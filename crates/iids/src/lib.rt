//! Numbers of sixteen bytes, by rows: IIDs. A table has the high eight bytes of each, another the low eight.
#![tactic(auto)]

ghost use Rattle.std.specs.Prelude.{◌≡◌, ℕ, ◌≤◌, ◌<◌, length, get_or};
ghost use Rattle.number.specs.Limits.{entry_limit, row_limit};
ghost use Rattle.number.specs.Choice.{◌=?◌, ◌≤?◌};
ghost use Rattle.number.specs.Scan.{scan, some};
ghost use Rattle.key.specs.First.{Filled, Past};
ghost use Rattle.iids.specs.Joined.{joined, two_numbers, shares_row, shared_number};
ghost use Rattle.iids.specs.Cells.{cell, AtMost, Across};
ghost use Rattle.iids.specs.Numbers.{Wide, wide, number_in, number_row};

use number::{ENTRY_LIMIT, ROW_LIMIT};

pub fn index(x: u16) -> usize
    ensures { result ≡ x }
{
    x as usize
}

// Whether the number of a and b is that of c and d.
#[tactic(auto, using(crate::proofs::NumberLaws::pairs))]
fn same_pair(a: u64, b: u64, c: u64, d: u64) -> bool
    ensures { result ≡ (wide a b =? wide c d) }
{
    a == c && b == d
}

// Whether it is at most that.
#[tactic(auto, using(crate::proofs::NumberLaws::pairs))]
fn pair_most(a: u64, b: u64, c: u64, d: u64) -> bool
    ensures { result ≡ (wide a b ≤? wide c d) }
{
    a < c || a == c && b <= d
}

// Whether row i has the number 0.
#[tactic(auto, using(crate::proofs::NumberLaws::pairs), unfolding(crate::specs::Numbers::number_in))]
fn zero_number(high: &[u64; ROW_LIMIT], low: &[u64; ROW_LIMIT], i: usize) -> bool
    requires { (i < row_limit) × (row_limit ≡ length high.now) × (row_limit ≡ length low.now) }
    ensures { result ≡ (number_in high.now low.now i =? 0) }
{
    high[i] == 0 && low[i] == 0
}

// Whether rows i and j have one number.
#[tactic(auto, unfolding(crate::specs::Numbers::number_in))]
fn same_number(high: &[u64; ROW_LIMIT], low: &[u64; ROW_LIMIT], i: usize, j: usize) -> bool
    requires { (i < row_limit) × (j < row_limit) × (row_limit ≡ length high.now) × (row_limit ≡ length low.now) }
    ensures { result ≡ (number_in high.now low.now i =? number_in high.now low.now j) }
{
    same_pair(high[i], low[i], high[j], low[j])
}

/// Whether the number of row i is at most that of row j.
#[tactic(auto, unfolding(crate::specs::Numbers::number_in))]
pub fn at_most(high: &[u64; ROW_LIMIT], low: &[u64; ROW_LIMIT], i: usize, j: usize) -> bool
    requires { (i < row_limit) × (j < row_limit) × (row_limit ≡ length high.now) × (row_limit ≡ length low.now) }
    ensures { result ≡ (number_in high.now low.now i ≤? number_in high.now low.now j) }
{
    pair_most(high[i], low[i], high[j], low[j])
}

// Whether row i and its mate have two nonzero numbers.
#[tactic(auto, using(number::proofs::Choice::tests), unfolding(crate::specs::Joined::two_numbers, crate::specs::Cells::cell))]
fn two_numbers(
    high: &[u64; ROW_LIMIT],
    low: &[u64; ROW_LIMIT],
    mates: &[u16; ENTRY_LIMIT],
    i: usize,
) -> bool
    requires { (i < entry_limit) × (row_limit ≡ length high.now) × (row_limit ≡ length low.now) × (entry_limit ≡ length mates.now) × (get_or mates.now i 0 ≤ row_limit) }
    ensures { result ≡ two_numbers (number_in high.now low.now) (cell mates.now) i }
{
    let k = index(mates[i]);
    k != 0
        && !zero_number(high, low, i)
        && !zero_number(high, low, k - 1)
        && !same_number(high, low, i, k - 1)
}

/// The lowest of the first n rows that has, with its mate, two nonzero numbers, or n.
pub fn first_two_numbers(
    high: &[u64; ROW_LIMIT],
    low: &[u64; ROW_LIMIT],
    mates: &[u16; ENTRY_LIMIT],
    n: usize,
    total: usize,
) -> usize
    requires { (n ≤ entry_limit) × (n ≤ total) × (total ≤ row_limit) × (row_limit ≡ length high.now) × (row_limit ≡ length low.now) × (entry_limit ≡ length mates.now) × AtMost mates.now n total }
    ensures { (g : ℕ → ℕ) → Wide high.now low.now total g → result ≡ scan (two_numbers g (cell mates.now)) n 0 }
{
    for i in 0..n {
        if two_numbers(high, low, mates, i) {
            return i;
        }
    }
    n
}

// The row that has the number which row i and its mate have together.
#[tactic(auto, using(number::proofs::Choice::tests), unfolding(crate::specs::Numbers::number_row, crate::specs::Cells::cell))]
fn number_row(
    high: &[u64; ROW_LIMIT],
    low: &[u64; ROW_LIMIT],
    mates: &[u16; ENTRY_LIMIT],
    i: usize,
) -> usize
    requires { (i < entry_limit) × (row_limit ≡ length high.now) × (row_limit ≡ length low.now) × (entry_limit ≡ length mates.now) }
    ensures { result ≡ number_row (number_in high.now low.now) (cell mates.now) i }
{
    let k = index(mates[i]);
    if k == 0 {
        return i;
    }
    if zero_number(high, low, i) {
        return k - 1;
    }
    i
}

/// To each row the number that it and its mate have together.
pub fn join_numbers(
    mates: &[u16; ENTRY_LIMIT],
    n: usize,
    total: usize,
    high: &mut [u64; ROW_LIMIT],
    low: &mut [u64; ROW_LIMIT],
)
    requires { (n ≤ entry_limit) × (n ≤ total) × (total ≤ row_limit) × (entry_limit ≡ length mates.now) × (row_limit ≡ length high.old) × (row_limit ≡ length low.old) × Across mates.now n total }
    ensures { ((g : ℕ → ℕ) → Wide high.old low.old total g → Wide high.new low.new total (joined g (cell mates.now) n)) × (row_limit ≡ length high.new) × (row_limit ≡ length low.new) × Past n high.old high.new × Past n low.old low.new }
{
    for i in 0..n {
        let r = number_row(high, low, mates, i);
        high[i] = high[r];
        low[i] = low[r];
    }
}

// Whether row r is the first of its key, another than i, and has the number of i.
#[tactic(auto, using(number::proofs::Choice::tests), unfolding(crate::specs::Joined::shares_row, crate::specs::Cells::cell))]
fn shares_row(
    first: &[u16; ROW_LIMIT],
    high: &[u64; ROW_LIMIT],
    low: &[u64; ROW_LIMIT],
    i: usize,
    r: usize,
) -> bool
    requires { (i < row_limit) × (r < row_limit) × (row_limit ≡ length first.now) × (row_limit ≡ length high.now) × (row_limit ≡ length low.now) }
    ensures { result ≡ shares_row (cell first.now) (number_in high.now low.now) i r }
{
    index(first[r]) == r && r != i && same_number(high, low, r, i)
}

// Whether one of the rows does so.
#[tactic(auto, using(number::proofs::Scans::misses))]
fn some_share(
    first: &[u16; ROW_LIMIT],
    high: &[u64; ROW_LIMIT],
    low: &[u64; ROW_LIMIT],
    total: usize,
    i: usize,
) -> bool
    requires { (i < row_limit) × (total ≤ row_limit) × (row_limit ≡ length first.now) × (row_limit ≡ length high.now) × (row_limit ≡ length low.now) }
    ensures { result ≡ some (shares_row (cell first.now) (number_in high.now low.now) i) total }
{
    for r in 0..total {
        if shares_row(first, high, low, i, r) {
            return true;
        }
    }
    false
}

// Whether another key has the nonzero number of row i.
#[tactic(auto, using(number::proofs::Choice::tests), unfolding(crate::specs::Joined::shared_number))]
fn shared_number(
    first: &[u16; ROW_LIMIT],
    high: &[u64; ROW_LIMIT],
    low: &[u64; ROW_LIMIT],
    total: usize,
    i: usize,
) -> bool
    requires { (i < row_limit) × (total ≤ row_limit) × (row_limit ≡ length first.now) × (row_limit ≡ length high.now) × (row_limit ≡ length low.now) }
    ensures { result ≡ shared_number (cell first.now) (number_in high.now low.now) total i }
{
    !zero_number(high, low, i) && some_share(first, high, low, total, i)
}

/// The lowest of the first n rows whose nonzero number another key has, or n.
pub fn first_shared(
    first: &[u16; ROW_LIMIT],
    high: &[u64; ROW_LIMIT],
    low: &[u64; ROW_LIMIT],
    n: usize,
    total: usize,
) -> usize
    requires { (n ≤ total) × (total ≤ row_limit) × (row_limit ≡ length first.now) × (row_limit ≡ length high.now) × (row_limit ≡ length low.now) }
    ensures { (f g : ℕ → ℕ) → Filled first.now total f → Wide high.now low.now total g → result ≡ scan (shared_number f g total) n 0 }
{
    for i in 0..n {
        if shared_number(first, high, low, total, i) {
            return i;
        }
    }
    n
}
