// The search of a root of X^n + 1 modulo q, by which a product may be made. What is found is tested before it is taken, so that nothing
// need be known of q.
ghost use Rattle.std.specs.Prelude.{◌≡◌, true, IfSome};
ghost use Prim.Native.Nat.{◌*◌, ◌%◌, ◌^◌, ◌≤◌, ◌<◌};
ghost use Rattle.ring_transform.specs.Internal.{Transformable};
ghost use Rattle.montgomery.specs.Internal.{Modulus};

// z^e, where `one`, z and the power are held times 2^56.
fn raised(z: u64, e: u64, one: u64, i: u64, q: u64) -> u64
    requires { Modulus q i × (z < q) × (one < q) }
    ensures { result < q }
{
    modular::power_by(|x, y| montgomery::product(x, y, i, q), one, z, e)
}

// g^((q - 1) / 2n), where its n-th power is -1. g and `one` are held times 2^56.
fn tried(g: u64, n: u64, one: u64, i: u64, q: u64) -> Option<u64>
    requires { Modulus q i × (1 < q) × (g < q) × (one < q) × (0 < n) × (n ≤ 2048) }
{
    let z = raised(g, (q - 1) / (2 * n), one, i, q);
    let power = raised(z, n, one, i, q);
    (power == q - one).then(|| montgomery::product(z, 1, i, q))
}

// The first such power, for g from 2 to 65. Where q is prime and 2n divides q - 1, every second g gives one.
fn searched(n: u64, q: u64) -> Option<u64>
    requires { (1 < q) × (q < 2 ^ 56) × (q % 2 ≡ 1) × (0 < n) × (n ≤ 2048) }
{
    if (q - 1) % (2 * n) != 0 {
        return None;
    }
    let i = montgomery::opposite(q);
    let one = montgomery::power_of_two(56, q);
    let mut g = modular::corrected(one + one, q);
    for _ in 0..64 {
        let w = tried(g, n, one, i, q);
        if w.is_some() {
            return w;
        }
        g = modular::corrected(g + one, q);
    }
    None
}

// Whether q and n are such that a product by transforms is faster than the plain one, the search of a root included.
fn pays(n: usize, q: u64) -> bool
    ensures { result ≡ true → (1 < q) × (q % 2 ≡ 1) × (2 ≤ n) × (n ≤ 2048) × ((j : Prim.Native.Nat.ℕ) × (n ≡ 2 ^ j)) }
{
    1 < q && q % 2 == 1 && matches!(n, 256 | 512 | 1024 | 2048)
}

// A root of X^n + 1 by which products modulo q are made, where one is found and the plain product is not the faster.
pub fn root(n: usize, q: u64) -> Option<u64>
    requires { q < 2 ^ 56 }
    ensures { IfSome result (Transformable q n) }
{
    if !pays(n, q) {
        return None;
    }
    let w = searched(n as u64, q)?;
    modular::is_root(w, n as u64, q).then_some(w)
}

----------------------------------------

* Activity
Take every line above carrying "Past" and return it.

* Written answer
ghost use Rattle.key.specs.First.{Filled, Past};
    ensures { ((g : ℕ → ℕ) → Wide high.old low.old total g → Wide high.new low.new total (joined g (cell mates.now) n)) × (row_limit ≡ length high.new) × (row_limit ≡ length low.new) × Past n high.old high.new × Past n low.old low.new }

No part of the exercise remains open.